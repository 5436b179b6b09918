// The archive for C: each function has the name, the contract and the answer of the one in `slopeboard` after it.

#![tactic(auto)]

ghost use Rattle.std.specs.Prelude.{◌≡◌, take, drop};
ghost use Rattle.turn.specs.Turn.{counts_of};
ghost use Rattle.sheet.specs.Read.{read_of};
ghost use Rattle.write_spec.specs.Write.{write_of};
ghost use Rattle.board_open.specs.Open.{open_of, steps_part};
ghost use Rattle.board_open.specs.Chosen.{count_of, turn_chosen};
ghost use Rattle.check_spec.specs.Check.{check_of};
ghost use Rattle.plan_spec.specs.Plan.{plan_of};
ghost use Rattle.list_spec.specs.List.{list_of};
ghost use Rattle.assign_spec.specs.Assign.{assign_of};
ghost use Rattle.sheet.specs.Short.{read_short_of};
ghost use Rattle.draw_spec.specs.DrawnSheet.{draw_of};
ghost use Rattle.best_spec.specs.Best.{best_of};
ghost use Rattle.limit_spec.specs.Limit.{limit_of};
ghost use Rattle.refine_spec.specs.Refine.{refine_of};
ghost use Rattle.hall_by_prices_spec.specs.Limit.{charge_limit_of};
ghost use Rattle.hall_by_prices_spec.specs.Refine.{charge_refine_of};
ghost use Rattle.hall_by_prices_spec.specs.Answer.{charge_refined_by};
ghost use Rattle.refine_spec.specs.Answer.{refined_by};
ghost use Rattle.improve_spec.specs.Improve.{improve_of};
ghost use Rattle.archive_spec.specs.Archive.{keep_of, restore_of};
ghost use Rattle.play_spec.specs.Play.{play_of};
ghost use Rattle.charge_spec.specs.Charge.{charge_of};
ghost use Rattle.board_open.specs.Part.{steps_part_at};
ghost use Rattle.refusal.specs.Outcome.{beside};

use assign_spec::AssignAnswer;
use best_spec::BestAnswer;
use board_open::{CountAnswer, Part};
use charge_spec::ChargeAnswer;
use check_spec::CheckAnswer;
use hall_by_prices_spec::ChargeRefineAnswer;
use improve_spec::ImproveAnswer;
use limit_spec::LimitAnswer;
use play_spec::{PlayAnswer, Standing};
use refine_spec::RefineAnswer;
use refusal::WriteAnswer;
use sheet::ReadAnswer;

#[unsafe(no_mangle)]
pub extern "C" fn slopeboard_read(sheet: &[u8], table: &mut [u16]) -> ReadAnswer
    ensures { beside result table.new ≡ read_of sheet.now table.old }
{
    slopeboard::slopeboard_read(sheet, &mut *table)
}

#[unsafe(no_mangle)]
pub extern "C" fn slopeboard_read_short(sheet: &[u8], table: &mut [u16]) -> ReadAnswer
    ensures { beside result table.new ≡ read_short_of sheet.now table.old }
{
    slopeboard::slopeboard_read_short(sheet, &mut *table)
}

#[unsafe(no_mangle)]
pub extern "C" fn slopeboard_write(
    groomers: u32,
    slopes: u32,
    table: &[u16],
    bytes: &mut [u8],
) -> WriteAnswer
    ensures { beside result bytes.new ≡ write_of (counts_of groomers slopes) table.now bytes.old }
{
    slopeboard::slopeboard_write(groomers, slopes, table, &mut *bytes)
}

#[unsafe(no_mangle)]
pub extern "C" fn slopeboard_open(board: &[u8]) -> u8
    ensures { result ≡ open_of board.now }
{
    slopeboard::slopeboard_open(board)
}

// The part of the board that `board_open::steps` returns, by place and length.
#[unsafe(no_mangle)]
pub extern "C" fn slopeboard_steps(board: &[u8]) -> Part
    ensures value { result ≡ steps_part_at board.now }
    ensures board_value { take result.length (drop result.start board.now) ≡ steps_part board.now }
{
    slopeboard::slopeboard_steps(board)
}

#[unsafe(no_mangle)]
pub extern "C" fn slopeboard_count(board: &[u8]) -> CountAnswer
    ensures { result ≡ count_of board.now }
{
    slopeboard::slopeboard_count(board)
}

#[unsafe(no_mangle)]
pub extern "C" fn slopeboard_is_chosen(board: &[u8], turn: usize) -> bool
    ensures { result ≡ turn_chosen board.now turn }
{
    slopeboard::slopeboard_is_chosen(board, turn)
}

#[unsafe(no_mangle)]
pub extern "C" fn slopeboard_check(sheet: &[u8], board: &[u8]) -> CheckAnswer
    ensures { result ≡ check_of sheet.now board.now }
{
    slopeboard::slopeboard_check(sheet, board)
}

#[unsafe(no_mangle)]
pub extern "C" fn slopeboard_draw(
    seed: u64,
    groomers: u32,
    slopes: u32,
    turns: u32,
    bytes: &mut [u8],
) -> WriteAnswer
    ensures { beside result bytes.new ≡ draw_of seed (counts_of groomers slopes) turns bytes.old }
{
    slopeboard::slopeboard_draw(seed, groomers, slopes, turns, &mut *bytes)
}

#[unsafe(no_mangle)]
pub extern "C" fn slopeboard_plan(sheet: &[u8], board: &mut [u8]) -> WriteAnswer
    ensures { beside result board.new ≡ plan_of sheet.now board.old }
{
    slopeboard::slopeboard_plan(sheet, &mut *board)
}

#[unsafe(no_mangle)]
pub extern "C" fn slopeboard_list(sheet: &[u8], text: &mut [u8]) -> WriteAnswer
    ensures { beside result text.new ≡ list_of sheet.now text.old }
{
    slopeboard::slopeboard_list(sheet, &mut *text)
}

#[unsafe(no_mangle)]
pub extern "C" fn slopeboard_assign(sheet: &[u8], places: &mut [u16]) -> AssignAnswer
    ensures { beside result places.new ≡ assign_of sheet.now places.old }
{
    slopeboard::slopeboard_assign(sheet, &mut *places)
}

#[unsafe(no_mangle)]
pub extern "C" fn slopeboard_best(sheet: &[u8], map: &mut [u8]) -> BestAnswer
    ensures { beside result map.new ≡ best_of sheet.now map.old }
{
    slopeboard::slopeboard_best(sheet, &mut *map)
}

#[unsafe(no_mangle)]
pub extern "C" fn slopeboard_improve(sheet: &[u8], visits: u64, map: &mut [u8]) -> ImproveAnswer
    ensures { beside result map.new ≡ improve_of sheet.now visits map.old }
{
    slopeboard::slopeboard_improve(sheet, visits, &mut *map)
}

#[unsafe(no_mangle)]
pub extern "C" fn slopeboard_keep(sheet: &[u8], kept: &mut [u8]) -> WriteAnswer
    ensures { beside result kept.new ≡ keep_of sheet.now kept.old }
{
    slopeboard::slopeboard_keep(sheet, &mut *kept)
}

#[unsafe(no_mangle)]
pub extern "C" fn slopeboard_restore(kept: &[u8], sheet: &mut [u8]) -> WriteAnswer
    ensures { beside result sheet.new ≡ restore_of kept.now sheet.old }
{
    slopeboard::slopeboard_restore(kept, &mut *sheet)
}

#[unsafe(no_mangle)]
pub extern "C" fn slopeboard_play<'a>(
    sheet: &'a [u8],
    board: &'a [u8],
    delays: &'a [u16],
    list: &mut [Standing],
) -> PlayAnswer
    ensures { beside result list.new ≡ play_of sheet.now board.now delays.now list.old }
{
    slopeboard::slopeboard_play(sheet, board, delays, list)
}

#[unsafe(no_mangle)]
pub extern "C" fn slopeboard_charge(sheet: &[u8], map: &mut [u8]) -> ChargeAnswer
    ensures { beside result map.new ≡ charge_of sheet.now map.old }
{
    slopeboard::slopeboard_charge(sheet, &mut *map)
}

#[unsafe(no_mangle)]
pub extern "C" fn slopeboard_limit(sheet: &[u8], prices: &[u16]) -> LimitAnswer
    ensures { result ≡ limit_of sheet.now prices.now }
{
    slopeboard::slopeboard_limit(sheet, prices)
}

#[unsafe(no_mangle)]
pub extern "C" fn slopeboard_refine(
    sheet: &[u8],
    rounds: u32,
    board: &mut [u8],
    prices: &mut [u16],
) -> RefineAnswer
    ensures { refined_by result board.new prices.new ≡ refine_of sheet.now rounds board.old prices.old }
{
    slopeboard::slopeboard_refine(sheet, rounds, &mut *board, &mut *prices)
}

#[unsafe(no_mangle)]
pub extern "C" fn slopeboard_charge_limit(sheet: &[u8], prices: &[u16]) -> LimitAnswer
    ensures { result ≡ charge_limit_of sheet.now prices.now }
{
    slopeboard::slopeboard_charge_limit(sheet, prices)
}

#[unsafe(no_mangle)]
pub extern "C" fn slopeboard_charge_refine(
    sheet: &[u8],
    rounds: u32,
    map: &mut [u8],
    prices: &mut [u16],
) -> ChargeRefineAnswer
    ensures { charge_refined_by result map.new prices.new
        ≡ charge_refine_of sheet.now rounds map.old prices.old }
{
    slopeboard::slopeboard_charge_refine(sheet, rounds, &mut *map, &mut *prices)
}
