impl Model for Row {
    ghost use Rattle.std.specs.Prelude.{ℕ, ◌≡◌, ◌<◌, ◌/◌, ◌%◌};
    ghost use Rattle.nc_decode.specs.declared.automaton.TheConstants.{STATES};

    ghost Value = { ℕ };

    ghost view = { λ r. r.place / 257 };

    ghost invariant = { λ r. (r.place % 257 ≡ 0) × (r.place / 257 < STATES) };
}

impl Row {
    /// The state in which each bundle begins. It is also the state after an instruction that masks nothing and isn't a transfer.
    #[inline(always)]
    pub fn start() -> Row
        ensures { result ≡ END }
    {
        Row {
            place: ROW * END as usize,
        }
    }

    /// The state after one more byte.
    ///
    /// The byte is added to the table's address first, so that from state to state there is only a look-up.
    #[inline(always)]
    pub fn next(&self, byte: u8) -> Row
        ensures { result ≡ next_state self.now byte }
    {
        let place = ROWS.as_flattened()[byte as usize..][self.place];
        Row {
            place: usize::from(place),
        }
    }

    /// The number of the state.
    #[inline(always)]
    pub fn state(&self) -> u8
        ensures { result ≡ self.now }
    {
        (self.place % 256) as u8
    }
}
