//! The state of a bridge port in the spanning tree protocol.

ghost use Rattle.std.specs.Prelude.{refl, ◌≡◌, Some};
ghost use Rattle.link_base.specs.Equality.{of_cases, thorough_fields};
ghost use Rattle.link_base.specs.Named.{value_of, number_of, displayed, ReadsText};
ghost use Rattle.link_bridge.specs.Names.{port_state_names, port_state_seen, port_state_cases};

use link_base::rows::label::Name;
use link_base::{DecodeError, NamedNumber};
use std::fmt;
use std::str::FromStr;

/// The state of a bridge port in the spanning tree protocol (`BR_STATE_*`, `include/uapi/linux/if_bridge.h`).
#[derive(Clone, Copy, Debug, PartialEq, Eq)]
pub enum BridgePortState {
    /// The port does not participate in the protocol and forwards nothing (`BR_STATE_DISABLED`, 0).
    Disabled,
    /// The port participates in the protocol; it does not learn or forward yet (`BR_STATE_LISTENING`, 1).
    Listening,
    /// The port learns addresses and does not forward yet (`BR_STATE_LEARNING`, 2).
    Learning,
    /// The port learns and forwards (`BR_STATE_FORWARDING`, 3).
    Forwarding,
    /// The port is kept out of the tree: it receives BPDUs and forwards nothing (`BR_STATE_BLOCKING`, 4).
    Blocking,
    /// Any other number.
    Other(u8),
}

/// The numbers (`include/uapi/linux/if_bridge.h`), variants and `Display` output.
macro_rules! names {
    ($call:ident($($argument:tt)*)) => {
        link_base::by_names! { $call($($argument)*)
            BR_STATE_DISABLED = 0, Disabled, "disabled";
            BR_STATE_LISTENING = 1, Listening, "listening";
            BR_STATE_LEARNING = 2, Learning, "learning";
            BR_STATE_FORWARDING = 3, Forwarding, "forwarding";
            BR_STATE_BLOCKING = 4, Blocking, "blocking";
        }
    };
}

impl NamedNumber for BridgePortState {
    ghost use Rattle.link_bridge.specs.contracts.bridge_port.state.BridgePortState.{enum};

    type Number = u8;

    ghost names = { port_state_names };

    ghost seen = { port_state_seen };

    fn names() -> &'static [Name] {
        names!(names())
    }

    ghost cases_hold = { (refl, (refl, (refl, (refl, (refl, tt))))) };

    ghost other_holds = { λ _. refl };

    ghost no_more = { port_state_cases };

    ghost well_named = { refl };

    ghost thorough = { of_cases enum _ _ (Prim.search (thorough_fields)) };

    ghost from_number = { λ _ _ same. same };

    ghost to_number = { λ _ _ same. same };
}

/// Converts a number to its variant, or to `Other` if the number has no name.
impl From<u8> for BridgePortState {
    ghost from_gives = { λ d v. v ≡ value_of port_state_names d };

    fn from(number: u8) -> Self {
        names!(of_number(number))
    }
}

/// Converts a variant to its number.
impl From<BridgePortState> for u8 {
    ghost from_gives = { λ v d. d ≡ number_of (port_state_seen v) };

    fn from(value: BridgePortState) -> u8 {
        names!(number(BridgePortState, value))
    }
}

/// Writes the variant's name, such as `forwarding`, or the number in decimal for `Other`.
impl fmt::Display for BridgePortState {
    ghost output = { λ v. Some (displayed port_state_names (port_state_seen v)) };

    fn fmt<W: fmt::Write>(&self, f: &mut fmt::Formatter<W>) -> fmt::Result {
        names!(display(self, f))
    }
}

/// Parses a variant's name, as `Display` writes it, or any `u8` in decimal, with an optional `+` and optional
/// leading zeros.
///
/// # Errors
///
/// `Text` for any other input.
impl FromStr for BridgePortState {
    type Err = DecodeError;

    ghost from_str_gives = { λ text result. ReadsText port_state_names text result };

    #[tactic(auto, using(link_base::proofs::Naming::parsed_number, link_base::proofs::Naming::parsed_none))]
    fn from_str(text: &str) -> Result<Self, DecodeError> {
        names!(parse_or_number(text, u8))
    }
}
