// Writes lists of pairs to lent memory: the bytes of all ends consecutively, and the places of each
// pair. Every public function is defined for any bytes and any numbers.
#![tactic(auto)]

ghost use Rattle.std.specs.Prelude.{◌≡◌, [], ◌∷◌, ◌*◌, leb};
ghost use Rattle.text.specs.Text.{written_if_fits};
ghost use Rattle.pair_list.specs.Places.{pairs_in, end_bytes};
ghost use Rattle.pair_list_write.specs.Packed.{pair_end, pair_bytes, pair_slots};
ghost use Rattle.pair_list_write.specs.Lists.{copy_entry, remaining_room, append_list_reply, append_list_bytes, append_list_slots, write_list_reply, write_list_bytes, write_list_slots};

// The part of the capacity `room` that remains after the bytes of the first n pairs.
#[tactic(auto, using(crate::proofs::RoomBranches::room_target))]
pub fn remaining_room(store: &[u8], places: &[usize], n: usize, room: usize) -> Option<usize>
    ensures { result ≡ remaining_room (pairs_in store.now places.now n) room }
{
    let mut left = room;
    for i in 0..n {
        let s = pair_list::key_at(store, places, i, false).len();
        left = left.checked_sub(s)?;
        let t = pair_list::key_at(store, places, i, true).len();
        left = left.checked_sub(t)?;
    }
    Some(left)
}

// Returns whether the capacity `room` is enough for the bytes of the first n pairs.
#[tactic(auto, unfolding(crate::specs::Lists::remaining_room))]
pub fn list_fits(store: &[u8], places: &[usize], n: usize, room: usize) -> bool
    ensures { result ≡ leb (end_bytes (pairs_in store.now places.now n)) room }
{
    remaining_room(store, places, n, room).is_some()
}

// Writes the four numbers of pair `w` if the slice is long enough; otherwise writes nothing.
pub fn write_entry(w: usize, a: usize, b: usize, c: usize, d: usize, slots: &mut [usize])
    ensures { slots.new ≡ written_if_fits (4 * w) (a ∷ b ∷ c ∷ d ∷ []) slots.old }
{
    if slots.len() / 4 <= w {
        return;
    }
    let j = 4 * w;
    slots[j] = a;
    slots[j + 1] = b;
    slots[j + 2] = c;
    slots[j + 3] = d;
}

// Copies the four numbers of pair `i` over those of pair `w` in another slice, if both pairs lie in
// their slices.
#[tactic(auto, unfolding(crate::specs::Lists::copy_entry))]
pub fn copy_entry(places: &[usize], i: usize, w: usize, slots: &mut [usize])
    ensures { slots.new ≡ copy_entry places.now i w slots.old }
{
    if places.len() / 4 <= i {
        return;
    }
    let j = 4 * i;
    write_entry(
        w,
        places[j],
        places[j + 1],
        places[j + 2],
        places[j + 3],
        slots,
    );
}

// Appends a pair to the first n pairs, which have `at` bytes, and returns the offset after it; writes nothing and
// returns `at` if it does not fit.
pub fn push_pair(
    s: &[u8],
    t: &[u8],
    n: usize,
    at: usize,
    bytes: &mut [u8],
    slots: &mut [usize],
) -> usize
    ensures value { result ≡ pair_end s.now t.now n at bytes.old slots.old }
    ensures bytes_after { bytes.new ≡ pair_bytes s.now t.now n at bytes.old
        slots.old }
    ensures slots_after { slots.new ≡ pair_slots s.now t.now n at bytes.old
        slots.old }
{
    if bytes.len() < at {
        return at;
    }
    let room = bytes.len() - at;
    if room < s.len() {
        return at;
    }
    if room - s.len() < t.len() {
        return at;
    }
    if slots.len() / 4 <= n {
        return at;
    }
    let m = text_list::push_text(s, 2 * n, at, bytes, slots);
    text_list::push_text(t, 2 * n + 1, m, bytes, slots)
}

// Writes the bytes of the first n pairs consecutively from index `at` of `out`, and their places to
// `slots`; writes nothing if one of the buffers is too short.
pub fn append_list(
    store: &[u8],
    places: &[usize],
    n: usize,
    at: usize,
    out: &mut [u8],
    slots: &mut [usize],
) -> Option<usize>
    ensures value { result ≡ append_list_reply at (pairs_in store.now places.now n) out.old
        slots.old }
    ensures out_after { out.new ≡ append_list_bytes at (pairs_in store.now places.now n)
        out.old slots.old }
    ensures slots_after { slots.new ≡ append_list_slots at (pairs_in store.now places.now n)
        out.old slots.old }
{
    if slots.len() / 4 < n {
        return None;
    }
    if out.len() < at {
        return None;
    }
    if !list_fits(store, places, n, out.len() - at) {
        return None;
    }
    let mut end = at;
    for i in 0..n {
        let s = pair_list::key_at(store, places, i, false);
        let t = pair_list::key_at(store, places, i, true);
        end = push_pair(s, t, i, end, out, slots);
    }
    Some(n)
}

// Like `append_list`, from the beginning of `out`.
pub fn write_list(
    store: &[u8],
    places: &[usize],
    n: usize,
    out: &mut [u8],
    slots: &mut [usize],
) -> Option<usize>
    ensures value { result ≡ write_list_reply (pairs_in store.now places.now n) out.old
        slots.old }
    ensures out_after { out.new ≡ write_list_bytes (pairs_in store.now places.now n)
        out.old slots.old }
    ensures slots_after { slots.new ≡ write_list_slots (pairs_in store.now places.now n)
        out.old slots.old }
{
    append_list(store, places, n, 0, out, slots)
}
..............................
Look through the listing above. Pick out each line with "call" and copy it.

    ($call:ident($($argument:tt)*)) => {
        link_base::by_names! { $call($($argument)*)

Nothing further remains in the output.